───── Task material ─────

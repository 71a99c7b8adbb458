//! What a host reads of its whole book to show it.
ghost use Rattle.std.specs.Prelude.{◌≡◌, find};
ghost use Rattle.host_model.specs.Book.{keys_of_rows};
ghost use Rattle.host_timeline.specs.Booking.{is_after};
ghost use Rattle.run_states.specs.Rows.{IsAscendingRows};

use host_inputs::hosting::Hosting;
use host_model::task_row::TaskRow;
use ps_time::key::RunKey;

/// What a host reads of its book for a page, beside what it reads in a step: all tasks, and all runs from key to key.
pub trait Showing: Hosting {
    /// The tasks, ascending by serial.
    fn tasks(&self) -> &[TaskRow]
        ensures { result.now ≡ (Self.kept self.now).tasks };

    /// The least key above another among all runs.
    fn next_row(&self, after: Option<RunKey>) -> Option<RunKey>
        ensures key { result ≡ find (is_after after) (keys_of_rows (Self.seen self.now)) }
        ensures ascending { IsAscendingRows (Self.seen self.now) };
}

─────

- Task description: Could you return all the data above exactly as it appears?

- Answer for the task:
repository 71a99c7b8adbb458
//! What a host reads of its whole book to show it.
ghost use Rattle.std.specs.Prelude.{◌≡◌, find};
ghost use Rattle.host_model.specs.Book.{keys_of_rows};
ghost use Rattle.host_timeline.specs.Booking.{is_after};
ghost use Rattle.run_states.specs.Rows.{IsAscendingRows};

use host_inputs::hosting::Hosting;
use host_model::task_row::TaskRow;
use ps_time::key::RunKey;

/// What a host reads of its book for a page, beside what it reads in a step: all tasks, and all runs from key to key.
pub trait Showing: Hosting {
    /// The tasks, ascending by serial.
    fn tasks(&self) -> &[TaskRow]
        ensures { result.now ≡ (Self.kept self.now).tasks };

    /// The least key above another among all runs.
    fn next_row(&self, after: Option<RunKey>) -> Option<RunKey>
        ensures key { result ≡ find (is_after after) (keys_of_rows (Self.seen self.now)) }
        ensures ascending { IsAscendingRows (Self.seen self.now) };
}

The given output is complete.